You're reading: Retail drug prices on the rise

Ukrainians spent substantially more on retail medications in 2018 than in the previous year, suggesting growing drug prices or greater purchasing power, according to new research.

Ukrainian market research firm Business Credit showed the Kyiv Post its new report, which found that drug sales in pharmacies, amounted to nearly Hr 70 billion in 2018, a 25 percent increase from the previous year. The total number of drugs, counted by packages sold, grew by less than 5 percent.

Business Credit found that “the average weighted price of the drugs was Hr 69.45, which is 19.52 percent more compared to 2017.”

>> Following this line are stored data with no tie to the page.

//! Conditions with a weight that count the matches of an expression (procmailsc(5)).
ghost use Rattle.std.specs.Prelude.{◌≡◌, IfOk, Some, not, max, if◌then◌else◌};
ghost use Rattle.pm_regex.specs.declared.found.Found.{Found};
ghost use Rattle.pm_regex.proofs.FoundOrNot.{found_of};
ghost use Rattle.pm_regex.proofs.CountOf.{count_of};
ghost use Rattle.pm_meaning.specs.Searching.{match_in};
ghost use Rattle.pm_meaning.specs.Weighing.{count_in, match_bytes};
ghost use Rattle.pm_meaning.specs.Weighing;

use crate::searching::{find, is_found, matched};
use pm_bytes::{Blob, Memory};
use pm_match::Engine;
use pm_meaning::question::{Factors, Outcome};
use pm_regex::Expr;
use std::alloc::Global;

/// The bytes that MATCH gets of an expression that matches, where it has a `\/`.
fn match_of(
    alloc: Global,
    expr: &Expr,
    engine: &mut Engine,
    area: &[u8],
) -> Result<Option<Blob>, Memory>
    requires { engine.old.expr ≡ expr.now }
    ensures same { engine.new ≡ engine.old }
    ensures bytes { IfOk result (λ bytes. (f : Found)
        → (found_of engine.old.fold expr.now area.now).0 ≡ Some f → bytes ≡ match_bytes area.now f.cut f.end) }
{
    if !expr.has_cut() {
        return Ok(None);
    }
    match find(engine, area) {
        None => Ok(None),
        Some(found) => match found.cut {
            None => Ok(None),
            Some(cut) => Ok(Some(matched(alloc, area, cut, found.end)?)),
        },
    }
}

/// How many matches a condition counts where nothing is found: an inverted one has one.
fn matches_of_none(inverted: bool) -> u64
    ensures { result ≡ (if inverted then 1 else 0) }
{
    inverted as u64
}

/// Counts the matches of an engine's expression in an area.
fn counted(
    alloc: Global,
    weight: Factors,
    inverted: bool,
    expr: &Expr,
    engine: &mut Engine,
    area: &[u8],
) -> Result<Outcome, Memory>
    requires { engine.old.expr ≡ expr.now }
    ensures { IfOk result (λ come. come ≡ Weighing.counted_outcome weight inverted area.now
        (found_of engine.old.fold expr.now area.now).0 (count_of engine.old.fold expr.now area.now).0) }
{
    if !is_found(engine, area) {
        return Ok(Outcome::Counted {
            weight,
            matches: matches_of_none(inverted),
            bytes: None,
        });
    }
    if inverted {
        return Ok(Outcome::Counted {
            weight,
            matches: 0,
            bytes: None,
        });
    }
    let bytes = match_of(alloc, expr, engine, area)?;
    engine.reserve(area.len())?;
    Ok(Outcome::Counted {
        weight,
        matches: engine.count(area).max(1),
        bytes,
    })
}

/// Counts the matches of an expression in an area.
pub fn count_area(
    alloc: Global,
    weight: Factors,
    inverted: bool,
    distinguish: bool,
    expr: Expr,
    area: &[u8],
) -> Result<Outcome, Memory>
    ensures { IfOk result (λ come. come ≡ Weighing.counted_outcome weight inverted area.now
        (match_in distinguish expr area.now) (count_in distinguish expr area.now)) }
{
    let mut engine = Engine::build(alloc, &expr, !distinguish)?;
    counted(alloc, weight, inverted, &expr, &mut engine, area)
}
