//! The score of a recipe while its conditions are judged (procmailsc(5)).
ghost use Rattle.std.specs.Prelude.{◌≡◌, IfOk};
ghost use Rattle.pm_meaning.specs.Evaluating.{with_score, with_matched};
ghost use Rattle.pm_meaning.specs.Weighing;

use pm_bytes::{Blob, Memory};
use pm_meaning::question::Judgement;
use pm_vars::Vars;
use std::alloc::Global;

/// How a score ends the judging, if it does.
pub fn end_at(total: i32) -> Option<Judgement>
    ensures { result ≡ Weighing.end_at total }
{
    if total >= 2_147_483_647 {
        Some(Judgement::Matched)
    } else if total <= -2_147_483_647 {
        Some(Judgement::Unmatched)
    } else {
        None
    }
}

/// What comes where all conditions were judged.
pub fn end_of_all(weighted: bool, total: i32) -> Judgement
    ensures { result ≡ Weighing.end_of_all weighted total }
{
    if weighted && total <= 0 {
        Judgement::Unmatched
    } else {
        Judgement::Matched
    }
}

/// `$=` gets the score of a recipe that has a weight.
pub fn note_score(weighted: bool, total: i32, vars: &mut Vars)
    ensures { vars.new ≡ with_score weighted total vars.old }
{
    if weighted {
        vars.set_score(total);
    }
}

/// MATCH gets these bytes, if there are any.
pub fn set_match(alloc: Global, bytes: &Option<Blob>, vars: &mut Vars) -> Result<(), Memory>
    ensures { IfOk result (λ _. vars.new ≡ with_matched bytes.now vars.old) }
{
    match bytes {
        None => Ok(()),
        Some(bytes) => vars.set(b"MATCH", bytes.copy(alloc)?),
    }
}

“The growth in turnover was influenced by such factors as changes in price, demand, and the range of available goods,” with some meds being cycled out from pharmacies’ inventories, said Andrii Tsurkan, business development director at Business Credit.

The total volume of goods sold in pharmacies also grew by about 25 percent, to a total of Hr 84.5 billion. Inflation alone cannot account for this increase, as the consumer price index in 2018 increased by about 9.8 percent, according to the National Bank of Ukraine.

“People started buying newer, more expensive products, Tsurkan said.

According to 2018 research by the patient rights group Patients of Ukraine, many Ukrainians still perceive generic drugs as inadequate versions of their brand-name analogues. Brands are more trusted than the much cheaper generics, especially in western Ukraine, where consumers often cross into Poland to stock up on cheaper drugs there.

Patients of Ukraine also told the Kyiv Post that, Ukrainians tended to spend a lot of money on non-proven substances, such as homeopathic remedies, according to a 2016-2017 study. While there is no data showing if this behavior changed in 2018, Business Credit found a 4.5 percent drop in the purchase of over-the-counter drugs, but a whopping 21 percent increase in the purchase of prescription drugs. Prescriptions are about three times more expensive than OTC.

“What does this tell us? This suggests that the well-being of people in 2018 increased compared with 2017, and people began to buy more expensive goods,” Tsurkan said.

However, not everyone is optimistic. Elena Prudnikova, the head of the NGO Mikolaev Pharmaceutical Association, which often speaks out about the dangers of pharmaceutical consolidation, warned a forum of small pharmacy businesses on Feb. 6 that “prices on medications are growing, which makes them increasingly inaccessible to the population.

According to Prudnikova, larger pharmacy businesses can make marketing arrangements with drug suppliers, which can result in consumers paying higher prices out of pocket. She also said that consolidation of pharmacy chains is gaining steam, giving fewer businesses more power to set prices.

The pharmaceutical journal Apteka this week published a study showing that the number of private pharmaceutical retail stores in Ukraine has risen from 14,625 in 2015 to 16,457 as of the start of 2019. Most of these belong to small local chains, according to the report.

However, in the past three years, the percent of pharmacies belonging to tiny local chains fell from 73.3 percent to 67.8 percent. Over the same period, the percent of pharmacies belonging to larger, regional chains, grew by 5.4 percent. Close to a third of all chains in Ukraine are now regional.

Furthermore, in the past two years, the top 100 pharmacy chains’ share of total sales, in hryvnia, increased by 8.4 percent – to 74.5 percent, Apteka found.

“The consolidation of pharmaceutical retail is actively continuing,” according to the report.